Data from real-time RT-PCR, immunoblot, foci analysis, apoptosis analysis, and PFGE-based DSB repair assays were analyzed using Student's t test. Standard deviations are shown in the corresponding figures. In comet assays, because the distribution of tail moments was not Gaussian, the nonparametric Mann-Whitney test was used for statistical analysis. Fisher's exact test was used in micronuclei analysis and metaphase analysis by telomere labeling. The p-values are indicated in the text and/or figures, and a difference between groups of P < 0.05 was considered statistically significant.
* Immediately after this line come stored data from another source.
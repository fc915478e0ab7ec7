//! The ends of a lane on two threads, where one of them is slow: nothing but a dropped end is reported as gone, and
//! what was sent before the sender was dropped is taken.

use super::Host;
use lane_rings::{Gone, Item, Receiver, Sender, lane};
use std::alloc::Global;
use std::sync::Wait;
use std::sync::atomic::{AtomicBool, AtomicU32, Ordering};
use std::thread;
use std::time::{Clock, CpuClock};

/// How many items are sent: more than a ring holds.
const ITEMS: u32 = 300;

/// How many items are taken before a receiver is dropped.
const FEW: u32 = 20;

/// How often a receiver looks in vain.
const MOST_LOOKS: u32 = 100_000_000;

/// How a receiver gets what is there.
#[derive(Clone, Copy)]
enum Way {
    Look,
    Try,
    Take,
}

/// Lanes between two threads, one after the other.
#[derive(Clone, Copy)]
struct Trial {
    lanes: u32,
    // How many items are sent over each, and how many are taken at most before its receiver is dropped.
    sent: u32,
    taken: u32,
    way: Way,
    // Which end waits between two items.
    slow_sender: bool,
    slow_receiver: bool,
}

impl Trial {
    /// Whether so many items were taken, and the senders have seen so many sent: all of each lane, where its receiver
    /// waits for its end, and else, of one lane, less than all.
    fn is_met(self, taken: u32, sent: u32) -> bool {
        let most = self.sent.saturating_mul(self.lanes);
        if self.sent < self.taken {
            (taken, sent) == (most, most)
        } else {
            taken == self.taken && (taken..most).contains(&sent)
        }
    }
}

/// Gives the processor away for a while.
fn linger(slow: bool) {
    if slow {
        for _ in 0..200 {
            thread::yield_now();
        }
    }
}

/// Sends items from 0 on, drops the sender and adds how many were sent. Where the receiver is gone, this has to come
/// with the item that was sent, and not before the receiver was to be dropped: else nothing is added.
fn send_items(
    rt: &(impl Wait + Clock + CpuClock),
    sender: Sender<u32>,
    trial: Trial,
    dropping: &AtomicBool,
    sent: &AtomicU32,
) {
    let mut sender = sender;
    for item in 0..trial.sent {
        linger(trial.slow_sender);
        if let Err(gone) = sender.send(rt, item) {
            if gone.value == item && dropping.load(Ordering::SeqCst) {
                sent.fetch_add(item, Ordering::SeqCst);
            }
            return;
        }
    }
    sent.fetch_add(trial.sent, Ordering::SeqCst);
}

/// Passes the next item, if a look finds one.
fn pass_next(receiver: &mut Receiver<u32>) -> Result<Option<Item<u32>>, Gone<()>> {
    if !receiver.look()? {
        return Ok(None);
    }
    let Some(Item::Entry(item)) = receiver.next() else {
        return Ok(Some(Item::Stop));
    };
    let item = *item;
    receiver.pass();
    Ok(Some(Item::Entry(item)))
}

/// The next item, and none where the sender is gone or nothing comes.
fn next_of(
    rt: &(impl Wait + Clock + CpuClock),
    receiver: &mut Receiver<u32>,
    way: Way,
) -> Option<Item<u32>> {
    for look in 0..MOST_LOOKS {
        let found = match way {
            Way::Look => pass_next(receiver),
            Way::Try => receiver.try_take(),
            Way::Take => return receiver.take(rt).ok(),
        };
        match found {
            Ok(Some(item)) => return Some(item),
            Ok(None) if look % 1000 == 999 => thread::yield_now(),
            Ok(None) => {}
            Err(_) => return None,
        }
    }
    None
}

/// Takes items and drops the receiver, and says how many came in order before the sender was gone.
fn take_items(
    rt: &(impl Wait + Clock + CpuClock),
    receiver: Receiver<u32>,
    trial: Trial,
    dropping: &AtomicBool,
) -> u32 {
    let mut receiver = receiver;
    for item in 0..trial.taken {
        linger(trial.slow_receiver);
        match next_of(rt, &mut receiver, trial.way) {
            Some(Item::Entry(found)) if found == item => {}
            Some(_) => return 0,
            None => return item,
        }
    }
    linger(trial.slow_receiver);
    dropping.store(true, Ordering::SeqCst);
    drop(receiver);
    trial.taken
}

/// Sends items over each lane that comes.
fn send_over_each(
    rt: &(impl Wait + Clock + CpuClock),
    senders: Receiver<Sender<u32>>,
    trial: Trial,
    dropping: &AtomicBool,
    sent: &AtomicU32,
) {
    let mut senders = senders;
    for _ in 0..trial.lanes {
        let Ok(Item::Entry(sender)) = senders.take(rt) else {
            return;
        };
        send_items(rt, sender, trial, dropping, sent);
    }
}

/// Gives the other thread the sender of a new lane, and says how many items came over it.
fn take_over_lane(
    rt: &(impl Wait + Clock + CpuClock),
    alloc: Global,
    to_sender: &mut Sender<Sender<u32>>,
    trial: Trial,
    dropping: &AtomicBool,
) -> u32 {
    let Ok((sender, receiver)) = lane(alloc, 2) else {
        return 0;
    };
    if to_sender.send(rt, sender).is_err() {
        return 0;
    }
    take_items(rt, receiver, trial, dropping)
}

/// How many items come over all lanes.
fn take_over_each(
    rt: &(impl Wait + Clock + CpuClock),
    alloc: Global,
    to_sender: Sender<Sender<u32>>,
    trial: Trial,
    dropping: &AtomicBool,
) -> u32 {
    let mut to_sender = to_sender;
    let mut taken = 0u32;
    for _ in 0..trial.lanes {
        let came = take_over_lane(rt, alloc, &mut to_sender, trial, dropping);
        taken = taken.saturating_add(came);
    }
    taken
}

/// Whether lanes go as they should.
fn goes(rt: &impl Host, alloc: Global, trial: Trial) -> bool {
    let Ok((to_sender, senders)) = lane(alloc, 1) else {
        return false;
    };
    let (dropping, sent) = (AtomicBool::new(false), AtomicU32::new(0));
    let (to_drop, to_add) = (&dropping, &sent);
    let taken = thread::scope(thread::scope_env(), rt, move |scope| {
        let started = scope.spawn(move || send_over_each(rt, senders, trial, to_drop, to_add));
        if started.is_ok() {
            take_over_each(rt, alloc, to_sender, trial, to_drop)
        } else {
            0
        }
    });
    trial.is_met(taken, sent.load(Ordering::SeqCst))
}

/// How many lanes give an item that is sent just before the sender is dropped, while the receiver waits.
const LANES: u32 = 10_000;

/// A name, the lanes, but one where an end is slow, how many items are sent and are taken at most, and how.
static TRIALS: [(&str, u32, u32, u32, Way); 7] = [
    ("all are seen", 1, ITEMS, ITEMS + 1, Way::Look),
    ("all are tried", 1, ITEMS, ITEMS + 1, Way::Try),
    ("all are taken", 1, ITEMS, ITEMS + 1, Way::Take),
    ("few are taken", 1, ITEMS, FEW, Way::Take),
    // The item may come after a look at the ring, and the sender leave before the look at the sender.
    ("the last is seen", LANES, 1, 2, Way::Look),
    ("the last is tried", LANES, 1, 2, Way::Try),
    ("the last is taken", LANES, 1, 2, Way::Take),
];

#[test]
fn an_end_is_gone_only_when_it_is_dropped(rt: HostRuntime) {
    for (name, lanes, sent, taken, way) in &TRIALS {
        for (slow_sender, slow_receiver) in [(false, false), (true, false), (false, true)] {
            let is_slow = slow_sender || slow_receiver;
            let trial = Trial {
                lanes: if is_slow { 1 } else { *lanes },
                sent: *sent,
                taken: *taken,
                way: *way,
                slow_sender,
                slow_receiver,
            };
            assert!(rt;
                goes(&rt, rt.alloc(), trial),
                "{name}, {slow_sender}, {slow_receiver}"
            );
        }
    }
}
Online supplemental material

Table S1 shows the primer sequences used in real-time RT-PCR experiments. Online supplemental material is available at http://www.jcb.org/cgi/content/full/jcb.200711150/DC1.

Supplementary Material

[Supplemental Material Index]

Acknowledgments

We thank R. Baer and W. Gu for critical comments on the manuscript; D. Chen for providing the DNA-PKcs −/− MEFs; O. Huber for the Hint1-shRNA plasmid; B.M. Sutherland, R. Rothstein, and R.J. Reid for assistance with the PFGE assays; and X. Wang, W.Q. Xing, Y. Jin, and J.A. Meador for technical assistance.

This work was supported by the Environmental Protection Agency (X97279801-0 to H. Li); the Office of Science, Office of Biological and Environmental Research, US Department of Energy (grant DE-FG02-05ER64055 to A.S. Balajee); the National Institutes of Health (grants ES 12888 and ES 09089 to T.K. Hei); and the T.J. Martell Foundation, the National Foundation for Cancer Research, and the Entertainment Industry Foundation (I.B. Weinstein).

Abbreviations used in this paper: DDR, DNA damage responses; DNA-PKcs, DNA-dependent protein kinase catalytic subunit; DSB, double strand breaks; IR, ionizing radiation; IRIF, Ionizing radiation-induced foci; MEF, mouse embryonic fibroblast; PFGE, pulse-field gel electrophoresis; shRNA, short hairpin RNA.